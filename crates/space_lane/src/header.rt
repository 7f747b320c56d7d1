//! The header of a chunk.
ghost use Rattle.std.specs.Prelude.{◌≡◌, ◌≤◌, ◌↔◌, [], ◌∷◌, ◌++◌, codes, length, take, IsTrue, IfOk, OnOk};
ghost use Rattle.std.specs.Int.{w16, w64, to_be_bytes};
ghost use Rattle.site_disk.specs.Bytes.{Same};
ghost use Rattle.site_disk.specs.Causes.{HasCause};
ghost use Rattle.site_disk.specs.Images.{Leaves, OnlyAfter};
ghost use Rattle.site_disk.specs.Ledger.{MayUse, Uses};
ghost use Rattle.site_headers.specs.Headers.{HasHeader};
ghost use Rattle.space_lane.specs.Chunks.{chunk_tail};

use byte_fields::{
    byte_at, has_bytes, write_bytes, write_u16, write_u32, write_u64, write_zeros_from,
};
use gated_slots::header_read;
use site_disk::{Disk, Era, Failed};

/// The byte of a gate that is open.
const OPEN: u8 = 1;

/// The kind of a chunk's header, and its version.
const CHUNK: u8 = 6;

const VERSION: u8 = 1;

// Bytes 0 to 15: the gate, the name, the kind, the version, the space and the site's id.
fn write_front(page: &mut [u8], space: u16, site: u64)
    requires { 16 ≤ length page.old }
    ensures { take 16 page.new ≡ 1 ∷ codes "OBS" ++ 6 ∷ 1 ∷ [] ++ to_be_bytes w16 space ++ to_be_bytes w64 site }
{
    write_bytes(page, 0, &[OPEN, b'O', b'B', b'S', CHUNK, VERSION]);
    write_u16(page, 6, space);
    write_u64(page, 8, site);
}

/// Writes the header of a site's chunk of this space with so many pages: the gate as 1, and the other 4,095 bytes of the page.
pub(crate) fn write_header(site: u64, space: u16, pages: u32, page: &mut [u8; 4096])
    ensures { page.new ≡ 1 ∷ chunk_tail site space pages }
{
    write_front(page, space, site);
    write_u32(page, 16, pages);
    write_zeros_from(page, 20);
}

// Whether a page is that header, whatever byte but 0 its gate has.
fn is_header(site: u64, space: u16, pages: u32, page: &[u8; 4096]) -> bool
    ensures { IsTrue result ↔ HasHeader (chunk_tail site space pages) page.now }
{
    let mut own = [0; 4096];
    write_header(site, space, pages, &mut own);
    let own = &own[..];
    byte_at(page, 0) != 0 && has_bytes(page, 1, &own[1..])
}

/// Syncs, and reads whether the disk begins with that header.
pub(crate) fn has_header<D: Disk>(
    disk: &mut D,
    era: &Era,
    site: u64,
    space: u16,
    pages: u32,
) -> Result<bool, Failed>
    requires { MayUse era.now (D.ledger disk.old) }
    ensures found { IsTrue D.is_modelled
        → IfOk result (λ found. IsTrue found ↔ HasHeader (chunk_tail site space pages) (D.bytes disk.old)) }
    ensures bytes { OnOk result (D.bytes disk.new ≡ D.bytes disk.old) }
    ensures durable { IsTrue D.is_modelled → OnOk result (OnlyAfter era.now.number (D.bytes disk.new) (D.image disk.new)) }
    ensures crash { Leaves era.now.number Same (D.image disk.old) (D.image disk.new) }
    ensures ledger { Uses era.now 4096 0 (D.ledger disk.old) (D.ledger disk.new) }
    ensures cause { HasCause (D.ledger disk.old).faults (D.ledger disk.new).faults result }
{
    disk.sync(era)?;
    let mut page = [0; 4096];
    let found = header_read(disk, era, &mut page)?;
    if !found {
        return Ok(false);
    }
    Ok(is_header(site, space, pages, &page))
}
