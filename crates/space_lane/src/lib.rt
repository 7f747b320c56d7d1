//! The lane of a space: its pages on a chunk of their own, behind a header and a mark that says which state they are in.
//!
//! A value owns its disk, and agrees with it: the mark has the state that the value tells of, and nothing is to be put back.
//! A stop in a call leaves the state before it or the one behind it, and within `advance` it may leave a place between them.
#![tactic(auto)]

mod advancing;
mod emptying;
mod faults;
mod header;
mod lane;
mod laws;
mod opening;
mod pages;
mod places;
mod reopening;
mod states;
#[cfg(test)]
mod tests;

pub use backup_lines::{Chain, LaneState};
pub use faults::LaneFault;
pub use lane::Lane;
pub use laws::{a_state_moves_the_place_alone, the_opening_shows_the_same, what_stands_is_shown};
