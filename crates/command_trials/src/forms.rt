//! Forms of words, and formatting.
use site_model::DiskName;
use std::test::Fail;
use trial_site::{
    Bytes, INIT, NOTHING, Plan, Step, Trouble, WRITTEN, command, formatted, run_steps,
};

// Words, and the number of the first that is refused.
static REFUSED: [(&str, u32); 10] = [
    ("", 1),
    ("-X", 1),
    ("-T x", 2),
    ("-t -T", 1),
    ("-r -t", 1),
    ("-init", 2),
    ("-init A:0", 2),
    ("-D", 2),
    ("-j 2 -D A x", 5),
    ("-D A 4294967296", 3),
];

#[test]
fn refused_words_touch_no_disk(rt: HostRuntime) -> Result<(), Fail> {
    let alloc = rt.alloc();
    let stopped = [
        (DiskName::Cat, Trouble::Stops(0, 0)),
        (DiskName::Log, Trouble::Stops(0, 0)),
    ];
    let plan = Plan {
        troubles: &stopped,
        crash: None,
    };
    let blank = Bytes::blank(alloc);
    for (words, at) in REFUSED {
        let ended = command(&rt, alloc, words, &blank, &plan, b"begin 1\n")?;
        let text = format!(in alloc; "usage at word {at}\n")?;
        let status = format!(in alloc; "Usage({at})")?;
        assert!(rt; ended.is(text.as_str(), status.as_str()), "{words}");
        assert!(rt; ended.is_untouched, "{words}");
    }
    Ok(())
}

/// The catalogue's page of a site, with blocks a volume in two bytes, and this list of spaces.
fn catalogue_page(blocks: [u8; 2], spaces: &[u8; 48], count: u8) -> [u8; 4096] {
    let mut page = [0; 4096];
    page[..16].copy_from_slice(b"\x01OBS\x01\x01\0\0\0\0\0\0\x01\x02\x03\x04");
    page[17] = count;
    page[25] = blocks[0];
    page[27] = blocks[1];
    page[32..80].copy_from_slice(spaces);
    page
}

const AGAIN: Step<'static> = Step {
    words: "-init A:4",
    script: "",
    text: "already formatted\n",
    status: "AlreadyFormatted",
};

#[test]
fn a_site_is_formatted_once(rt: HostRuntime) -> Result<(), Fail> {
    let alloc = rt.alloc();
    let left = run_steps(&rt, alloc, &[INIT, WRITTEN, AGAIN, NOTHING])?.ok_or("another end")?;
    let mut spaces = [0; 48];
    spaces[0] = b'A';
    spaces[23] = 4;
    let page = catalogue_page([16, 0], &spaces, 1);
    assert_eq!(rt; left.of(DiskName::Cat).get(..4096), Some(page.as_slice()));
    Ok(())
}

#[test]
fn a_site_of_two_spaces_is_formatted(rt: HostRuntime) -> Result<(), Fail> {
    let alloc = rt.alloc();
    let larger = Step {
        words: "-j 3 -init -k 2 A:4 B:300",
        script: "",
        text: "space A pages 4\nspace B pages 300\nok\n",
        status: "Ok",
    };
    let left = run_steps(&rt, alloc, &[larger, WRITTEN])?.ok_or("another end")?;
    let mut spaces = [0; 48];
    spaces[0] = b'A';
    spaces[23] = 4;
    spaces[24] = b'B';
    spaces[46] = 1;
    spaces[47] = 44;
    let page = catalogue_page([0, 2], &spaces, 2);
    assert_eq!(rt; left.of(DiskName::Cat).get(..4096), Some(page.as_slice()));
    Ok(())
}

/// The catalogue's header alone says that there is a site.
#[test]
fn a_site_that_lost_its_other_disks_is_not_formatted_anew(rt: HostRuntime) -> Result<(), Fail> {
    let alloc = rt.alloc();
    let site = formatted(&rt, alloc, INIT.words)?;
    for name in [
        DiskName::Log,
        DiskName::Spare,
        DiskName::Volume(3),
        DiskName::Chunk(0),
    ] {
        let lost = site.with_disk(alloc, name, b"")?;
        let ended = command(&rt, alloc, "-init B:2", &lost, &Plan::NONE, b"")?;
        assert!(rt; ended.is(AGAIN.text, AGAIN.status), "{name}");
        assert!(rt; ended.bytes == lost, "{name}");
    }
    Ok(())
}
+++++
• Exercise goal: Check the data for the word "blank" and pull out the lines that have it.

• Solution for this problem:
    let blank = Bytes::blank(alloc);
        let ended = command(&rt, alloc, words, &blank, &plan, b"begin 1\n")?;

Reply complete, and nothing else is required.